Street Legal (1978) Released just before he found God, this suggests he was profoundly in need of some kind of born-again experience. Cloying female backing vocals fatally sandbag a set of so-so post-divorce material.

Dylan & the Dead (1988) A marriage made in a surprisingly unheavenly place, with each party bringing out the other's sloppy somnambulism. Almost any concert bootleg you could pick up handily beats this (and 1979's At Budokan and 1984's Real Live are almost as lame).

Down in the Groove (1988) Fans debate whether this or 1986's equally undercooked Knocked Out Loaded represents Dylan's studio nadir. Notice we didn't say passionately debate.

Under the Red Sky (1990) Produced by Don and David Was with a musical cast including George Harrison, Slash, Elton, and Stevie Ray Vaughn.
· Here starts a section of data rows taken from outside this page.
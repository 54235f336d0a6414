use snap_cli::top::snap;
use snap_io::{File, MemoryShelf, MemorySink, have_distinct_names};
use std::alloc::{AllocError, Global};
use std::process::Abort;
use std::test::Fail;
use std::thread::Threads;

// A call's status, and what it writes.
#[derive(Clone, Copy)]
pub(crate) struct Answer<'a> {
    pub(crate) status: u8,
    pub(crate) out: &'a [u8],
    pub(crate) err: &'a [u8],
}

// How many bytes the shelf and the sink take at most in a call, which of their calls fail, and the room for what is
// written.
#[derive(Clone, Copy)]
pub(crate) struct Devices<'a> {
    pub(crate) read_most: usize,
    pub(crate) read_fails: &'a [u64],
    pub(crate) write_most: usize,
    pub(crate) write_fails: &'a [u64],
    pub(crate) out_room: usize,
    pub(crate) err_room: usize,
}

// Devices that never fail.
pub(crate) const AMPLE: Devices<'static> = Devices {
    read_most: 4096,
    read_fails: &[],
    write_most: 4096,
    write_fails: &[],
    out_room: 4096,
    err_room: 256,
};

// Whether `snap` with these files, names with contents, over these devices answers so.
fn answers(
    rt: &(impl Abort + Threads + Sync),
    alloc: Global,
    words: &[&[u8]],
    files: &[(&[u8], &[u8])],
    devices: Devices,
    answer: Answer,
) -> Result<bool, Fail> {
    let words = spelled(alloc, words)?;
    let mut shelf = shelf_over(alloc, files, devices)?;
    let (mut out, mut err) = sinks(alloc, devices)?;
    let status = snap(rt, alloc, &words, &mut shelf, &mut out, &mut err);
    Ok(status == answer.status && out.bytes() == answer.out && err.bytes() == answer.err)
}

// Fails a test where it doesn't.
pub(crate) fn must_answer(
    rt: &(impl Abort + Threads + Sync),
    alloc: Global,
    words: &[&[u8]],
    files: &[(&[u8], &[u8])],
    devices: Devices,
    answer: Answer,
) -> Result<(), Fail> {
    assert!(rt; answers(rt, alloc, words, files, devices, answer)?);
    Ok(())
}

// The same however the reads of the files are cut.
pub(crate) fn must_answer_however_cut(
    rt: &(impl Abort + Threads + Sync),
    alloc: Global,
    words: &[&[u8]],
    files: &[(&[u8], &[u8])],
    answer: Answer,
) -> Result<(), Fail> {
    for read_most in [1, 2, 3, 7, 4096] {
        let devices = Devices { read_most, ..AMPLE };
        must_answer(rt, alloc, words, files, devices, answer)?;
    }
    Ok(())
}

fn sinks(alloc: Global, devices: Devices) -> Result<(MemorySink, MemorySink), Fail> {
    let fails = devices.write_fails.to_vec(alloc)?;
    let out = MemorySink::new(alloc, devices.out_room, devices.write_most.max(1), fails)?;
    let err = MemorySink::new(alloc, devices.err_room, 256, Vec::new(alloc))?;
    Ok((out, err))
}

// The words, each owned.
fn spelled(alloc: Global, words: &[&[u8]]) -> Result<Vec<Vec<u8>>, Fail> {
    let mut spelled = Vec::new(alloc);
    for word in words {
        spelled.push(word.to_vec(alloc)?)?;
    }
    Ok(spelled)
}

fn file(alloc: Global, name: &[u8], bytes: &[u8]) -> Result<File, AllocError> {
    let name = name.to_vec(alloc)?;
    let bytes = bytes.to_vec(alloc)?;
    Ok(File { name, bytes })
}

// These files, names with contents.
fn held(alloc: Global, files: &[(&[u8], &[u8])]) -> Result<Vec<File>, Fail> {
    let mut held = Vec::new(alloc);
    for (name, bytes) in files {
        held.push(file(alloc, *name, *bytes)?)?;
    }
    Ok(held)
}

// A shelf that holds them.
fn shelf_over(
    alloc: Global,
    files: &[(&[u8], &[u8])],
    devices: Devices,
) -> Result<MemoryShelf, Fail> {
    let fails = devices.read_fails.to_vec(alloc)?;
    let held = held(alloc, files)?;
    if !have_distinct_names(&held) {
        return Err("two files have one name")?;
    }
    Ok(MemoryShelf::limited(held, devices.read_most.max(1), fails)?)
}
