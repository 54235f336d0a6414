use crate::calls::{AMPLE, Answer, Devices, must_answer};
use std::test::Fail;

const TUNNEL: &[u8] = b"
field srcip/24; field dstip/24; field srcport; field dns.rdata/24;
array orphan; array susp-client; array blacklist;
if dstip = 10.0.6.0/24 & srcport = 53 then
  orphan[dstip][dns.rdata] <- True;
  susp-client[dstip]++;
  if susp-client[dstip] = 3 then blacklist[dstip] <- True else id
else if srcip = 10.0.6.0/24 & orphan[srcip][dstip] then
  orphan[srcip][dstip] <- False;
  susp-client[srcip]--
else id";

const CYCLE: &[u8] = b"
array a; array b; array c;
(if a[inport] then b[inport]++ else id)
+ (if b[inport] then c[inport]++ else id)
+ (if c[inport] then a[inport]++ else id)";

// Programs, and what is written of each.
const WRITTEN: &[(&[u8], &[u8])] = &[
    (
        TUNNEL,
        b"dep orphan orphan\ndep orphan susp-client\ndep susp-client blacklist\ngroup orphan\ngroup susp-client\ngroup blacklist\nend\n",
    ),
    (
        b"field f; array s; array t; atomic(s[f]++; t[f]++)",
        b"dep s s\ndep s t\ndep t s\ndep t t\ngroup s t\nend\n",
    ),
    (CYCLE, b"dep a b\ndep b c\ndep c a\ngroup a b c\nend\n"),
    (
        b"array s; array t; array u; if u[inport] then s[inport]++ else t[inport]++",
        b"dep u s\ndep u t\ngroup u\ngroup s\ngroup t\nend\n",
    ),
    (b"array s; outport <- 1", b"group s\nend\n"),
    (b"outport <- 1", b"end\n"),
];

#[test]
fn deps_writes_dependencies_and_groups(rt: HostRuntime) -> Result<(), Fail> {
    for (program, out) in WRITTEN {
        let files: &[(&[u8], &[u8])] = &[(b"p", *program)];
        let written = Answer {
            status: 0,
            out: *out,
            err: b"",
        };
        must_answer(&rt, rt.alloc(), &[b"deps", b"p"], files, AMPLE, written)?;
    }
    Ok(())
}

#[test]
fn deps_stops_where_the_output_does(rt: HostRuntime) -> Result<(), Fail> {
    let files: &[(&[u8], &[u8])] = &[(b"p", b"array s; outport <- 1")];
    let full = Devices {
        out_room: 7,
        write_most: 2,
        ..AMPLE
    };
    let cut = Answer {
        status: 3,
        out: b"group s",
        err: b"snapc: cannot write\n",
    };
    must_answer(&rt, rt.alloc(), &[b"deps", b"p"], files, full, cut)
}
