use crate::calls::{AMPLE, Answer, Devices, must_answer};
use std::test::Fail;

#[test]
fn demo_tells_a_failed_write(rt: HostRuntime) -> Result<(), Fail> {
    let devices = Devices {
        write_most: 16,
        write_fails: &[1],
        ..AMPLE
    };
    let cut = Answer {
        status: 3,
        out: b"demo 3\nswitches ",
        err: b"snapc: cannot write\n",
    };
    must_answer(&rt, rt.alloc(), &[b"demo", b"3"], &[], devices, cut)
}
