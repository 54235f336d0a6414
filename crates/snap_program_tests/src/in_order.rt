use crate::calls::{AMPLE, Answer, must_answer};
use std::test::Fail;

// Counts packets at their port's switch.
const COUNTED: &[u8] = b"snap-tables 2
field inport
field outport
switch a
array s 0 0
port 1 0
row 0 0 leaf add 0 [#0] 1 out c1=#1
end
";

const BOTH: &[u8] = b"packet 1
out inport=1 outport=1
lost 0
packet 2
out inport=1 outport=1
lost 0
array s 0 = 2
end
";

const TWO_REPORTED: Answer<'static> = Answer {
    status: 0,
    out: BOTH,
    err: b"",
};

#[test]
fn trace_takes_packets_in_order(rt: HostRuntime) -> Result<(), Fail> {
    let words: &[&[u8]] = &[b"trace", b"--ordered", b"t", b"k", b"--schedule=s"];
    // The first `step` waits for the packet before.
    let waits: &[u8] = b"inject\ninject\nstep 1\nstep 0\nstep 1\nstep 0\nstep 0\n";
    let files: &[(&[u8], &[u8])] = &[(b"t", COUNTED), (b"k", b"1\n1\n"), (b"s", waits)];
    must_answer(&rt, rt.alloc(), words, files, AMPLE, TWO_REPORTED)
}

#[test]
fn trace_takes_turns_without_a_schedule(rt: HostRuntime) -> Result<(), Fail> {
    let alone: &[&[u8]] = &[b"trace", b"t", b"k", b"--ordered"];
    let workers: &[&[u8]] = &[b"trace", b"t", b"k", b"--ordered", b"--workers", b"3"];
    let files: &[(&[u8], &[u8])] = &[(b"t", COUNTED), (b"k", b"1\n1\n")];
    for words in [alone, workers] {
        must_answer(&rt, rt.alloc(), words, files, AMPLE, TWO_REPORTED)?;
    }
    Ok(())
}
What could go wrong? Everything, actually, with Dylan phoning in his weakest batch of material ever, defended by a few stalwarts as "nursery-rhyme-inspired." Mother Goose sued.

The 30th Anniversary Concert Celebration (1993) The most memorable moment of this all-star tribute concert -- Sinead O'Connor getting booed off the stage -- isn't included, though we do get a lot of the respectful classic-rock homage usually reserved for the recently deceased.

DVD Masked and Anonymous (2003) Director Larry Charles was a Seinfeld vet, but it took a Dylan vanity project to really make something about nothing. There are a few funny one-liners in this all-star art-house fiasco, but mostly you long for the more disciplined and purposeful days of his botched 1978 flick, Renaldo & Clara.

BOOK Tarantula (1971) A random chapter opening from Dylan's sole "novel," better described as an epic poem: "back betty, black bready blam de lam! bloody had a baby blam de lam!" Recently republished, due to no particular blam de-lam-mand.